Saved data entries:
===============
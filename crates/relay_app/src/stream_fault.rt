ghost use Rattle.std.specs.Prelude.{◌≡◌, ◌∷◌, []};
ghost use Rattle.frame_rule.specs.Units.{unit_of};
ghost use Rattle.relay_app.specs.Noting.{fault_after};

use frame_rule::{FaultKind, FrameUnit};

/// A fault in what was read.
#[derive(Clone, Copy, Debug, PartialEq, Eq)]
pub struct StreamFault {
    /// Its offset in bytes, or the number of a script's line.
    pub at: u64,
    pub kind: FaultKind,
}

/// Notes a unit that is a fault, unless one was noted before.
pub(crate) fn note(fault: &mut Option<StreamFault>, unit: &FrameUnit)
    ensures { fault.new ≡ fault_after fault.old (unit_of unit.now ∷ []) }
{
    match unit {
        FrameUnit::Fault { at, kind } if fault.is_none() => {
            *fault = Some(StreamFault {
                at: *at,
                kind: *kind,
            });
        }
        _ => {}
    }
}
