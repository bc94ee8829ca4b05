ghost use Rattle.std.specs.Prelude.{◌≡◌, ◌++◌, codes, decimal, length};
ghost use Rattle.hex.specs.Hex.{encode_lower};
ghost use Rattle.frame_rule.specs.Units.{unit_of};
ghost use Rattle.buffer_model.specs.Segment.{bytes_of};
ghost use Rattle.buffered_io.specs.Writing.{PrintsTo, outlet};
ghost use Rattle.relay_app.specs.Text.{end_line, fault_line, frame_line, hex_or_dash, kind_name, unit_line};

use buffered_io::Printer;
use frame_rule::{FaultKind, FrameUnit};
use iobuf_chain::Frame;
use relay_ports::Sink;

/// Prints the line of a unit.
pub(crate) fn print_unit<W: Sink>(printer: &mut Printer, sink: &mut W, unit: &FrameUnit)
    ensures { PrintsTo (unit_line (unit_of unit.now))
        (outlet printer.old (W.state sink.old)) (outlet printer.new (W.state sink.new)) }
{
    match unit {
        FrameUnit::Frame { at, chain } => print_frame(printer, sink, *at, chain),
        FrameUnit::Fault { at, kind } => print_fault(printer, sink, *at, *kind),
    }
}

/// Prints the last line: how many bytes were read.
pub(crate) fn print_end<W: Sink>(printer: &mut Printer, sink: &mut W, read: u64)
    ensures { PrintsTo (end_line read) (outlet printer.old (W.state sink.old)) (outlet printer.new (W.state sink.new)) }
{
    printer.put(sink, b"end ");
    printer.put_decimal(sink, read);
    printer.put(sink, b"\n");
}

fn print_frame<W: Sink>(printer: &mut Printer, sink: &mut W, at: u64, frame: &Frame)
    ensures { PrintsTo (frame_line at (bytes_of frame.now))
        (outlet printer.old (W.state sink.old)) (outlet printer.new (W.state sink.new)) }
{
    printer.put_entry(sink, b'F', at, frame.length() as u64);
    print_bytes(printer, sink, frame);
    printer.put(sink, b"\n");
}

fn print_fault<W: Sink>(printer: &mut Printer, sink: &mut W, at: u64, kind: FaultKind)
    ensures { PrintsTo (fault_line at kind)
        (outlet printer.old (W.state sink.old)) (outlet printer.new (W.state sink.new)) }
{
    printer.put(sink, b"X ");
    printer.put_decimal(sink, at);
    printer.put(sink, b" ");
    printer.put(sink, name_of(kind));
    printer.put(sink, b"\n");
}

fn name_of(kind: FaultKind) -> &'static [u8]
    ensures { result.now ≡ kind_name kind }
{
    match kind {
        FaultKind::TooSmall => b"TooSmall",
        FaultKind::TooLong => b"TooLong",
        FaultKind::StripOver => b"StripOver",
        FaultKind::Cut => b"Cut",
        FaultKind::BadLine => b"BadLine",
    }
}

// A frame's bytes in hexadecimal, or a dash for none.
fn print_bytes<W: Sink>(printer: &mut Printer, sink: &mut W, frame: &Frame)
    ensures { PrintsTo (hex_or_dash (bytes_of frame.now))
        (outlet printer.old (W.state sink.old)) (outlet printer.new (W.state sink.new)) }
{
    if frame.length() == 0 {
        printer.put(sink, b"-");
        return;
    }
    print_nodes(printer, sink, frame);
}

// The bytes of a frame's nodes in hexadecimal, in order.
fn print_nodes<W: Sink>(printer: &mut Printer, sink: &mut W, frame: &Frame)
    ensures { PrintsTo (encode_lower (bytes_of frame.now))
        (outlet printer.old (W.state sink.old)) (outlet printer.new (W.state sink.new)) }
{
    'nodes: for i in 0..frame.elements() {
        printer.put_hexadecimal(sink, frame.node(i).bytes());
    }
}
===============
▶ **EXERCISE INSTRUCTIONS**:
Set down every entry exactly as given.

▶ **WRITTEN SOLUTION**:
filename crates/relay_app/src/stream_fault.rt
ghost use Rattle.std.specs.Prelude.{◌≡◌, ◌∷◌, []};
ghost use Rattle.frame_rule.specs.Units.{unit_of};
ghost use Rattle.relay_app.specs.Noting.{fault_after};

use frame_rule::{FaultKind, FrameUnit};

/// A fault in what was read.
#[derive(Clone, Copy, Debug, PartialEq, Eq)]
pub struct StreamFault {
    /// Its offset in bytes, or the number of a script's line.
    pub at: u64,
    pub kind: FaultKind,
}

/// Notes a unit that is a fault, unless one was noted before.
pub(crate) fn note(fault: &mut Option<StreamFault>, unit: &FrameUnit)
    ensures { fault.new ≡ fault_after fault.old (unit_of unit.now ∷ []) }
{
    match unit {
        FrameUnit::Fault { at, kind } if fault.is_none() => {
            *fault = Some(StreamFault {
                at: *at,
                kind: *kind,
            });
        }
        _ => {}
    }
}
repository bc94ee8829ca4b05
ghost use Rattle.std.specs.Prelude.{◌≡◌, ◌++◌, codes, decimal, length};
ghost use Rattle.hex.specs.Hex.{encode_lower};
ghost use Rattle.frame_rule.specs.Units.{unit_of};
ghost use Rattle.buffer_model.specs.Segment.{bytes_of};
ghost use Rattle.buffered_io.specs.Writing.{PrintsTo, outlet};
ghost use Rattle.relay_app.specs.Text.{end_line, fault_line, frame_line, hex_or_dash, kind_name, unit_line};

use buffered_io::Printer;
use frame_rule::{FaultKind, FrameUnit};
use iobuf_chain::Frame;
use relay_ports::Sink;

/// Prints the line of a unit.
pub(crate) fn print_unit<W: Sink>(printer: &mut Printer, sink: &mut W, unit: &FrameUnit)
    ensures { PrintsTo (unit_line (unit_of unit.now))
        (outlet printer.old (W.state sink.old)) (outlet printer.new (W.state sink.new)) }
{
    match unit {
        FrameUnit::Frame { at, chain } => print_frame(printer, sink, *at, chain),
        FrameUnit::Fault { at, kind } => print_fault(printer, sink, *at, *kind),
    }
}

/// Prints the last line: how many bytes were read.
pub(crate) fn print_end<W: Sink>(printer: &mut Printer, sink: &mut W, read: u64)
    ensures { PrintsTo (end_line read) (outlet printer.old (W.state sink.old)) (outlet printer.new (W.state sink.new)) }
{
    printer.put(sink, b"end ");
    printer.put_decimal(sink, read);
    printer.put(sink, b"\n");
}

fn print_frame<W: Sink>(printer: &mut Printer, sink: &mut W, at: u64, frame: &Frame)
    ensures { PrintsTo (frame_line at (bytes_of frame.now))
        (outlet printer.old (W.state sink.old)) (outlet printer.new (W.state sink.new)) }
{
    printer.put_entry(sink, b'F', at, frame.length() as u64);
    print_bytes(printer, sink, frame);
    printer.put(sink, b"\n");
}

fn print_fault<W: Sink>(printer: &mut Printer, sink: &mut W, at: u64, kind: FaultKind)
    ensures { PrintsTo (fault_line at kind)
        (outlet printer.old (W.state sink.old)) (outlet printer.new (W.state sink.new)) }
{
    printer.put(sink, b"X ");
    printer.put_decimal(sink, at);
    printer.put(sink, b" ");
    printer.put(sink, name_of(kind));
    printer.put(sink, b"\n");
}

fn name_of(kind: FaultKind) -> &'static [u8]
    ensures { result.now ≡ kind_name kind }
{
    match kind {
        FaultKind::TooSmall => b"TooSmall",
        FaultKind::TooLong => b"TooLong",
        FaultKind::StripOver => b"StripOver",
        FaultKind::Cut => b"Cut",
        FaultKind::BadLine => b"BadLine",
    }
}

// A frame's bytes in hexadecimal, or a dash for none.
fn print_bytes<W: Sink>(printer: &mut Printer, sink: &mut W, frame: &Frame)
    ensures { PrintsTo (hex_or_dash (bytes_of frame.now))
        (outlet printer.old (W.state sink.old)) (outlet printer.new (W.state sink.new)) }
{
    if frame.length() == 0 {
        printer.put(sink, b"-");
        return;
    }
    print_nodes(printer, sink, frame);
}

// The bytes of a frame's nodes in hexadecimal, in order.
fn print_nodes<W: Sink>(printer: &mut Printer, sink: &mut W, frame: &Frame)
    ensures { PrintsTo (encode_lower (bytes_of frame.now))
        (outlet printer.old (W.state sink.old)) (outlet printer.new (W.state sink.new)) }
{
    'nodes: for i in 0..frame.elements() {
        printer.put_hexadecimal(sink, frame.node(i).bytes());
    }
}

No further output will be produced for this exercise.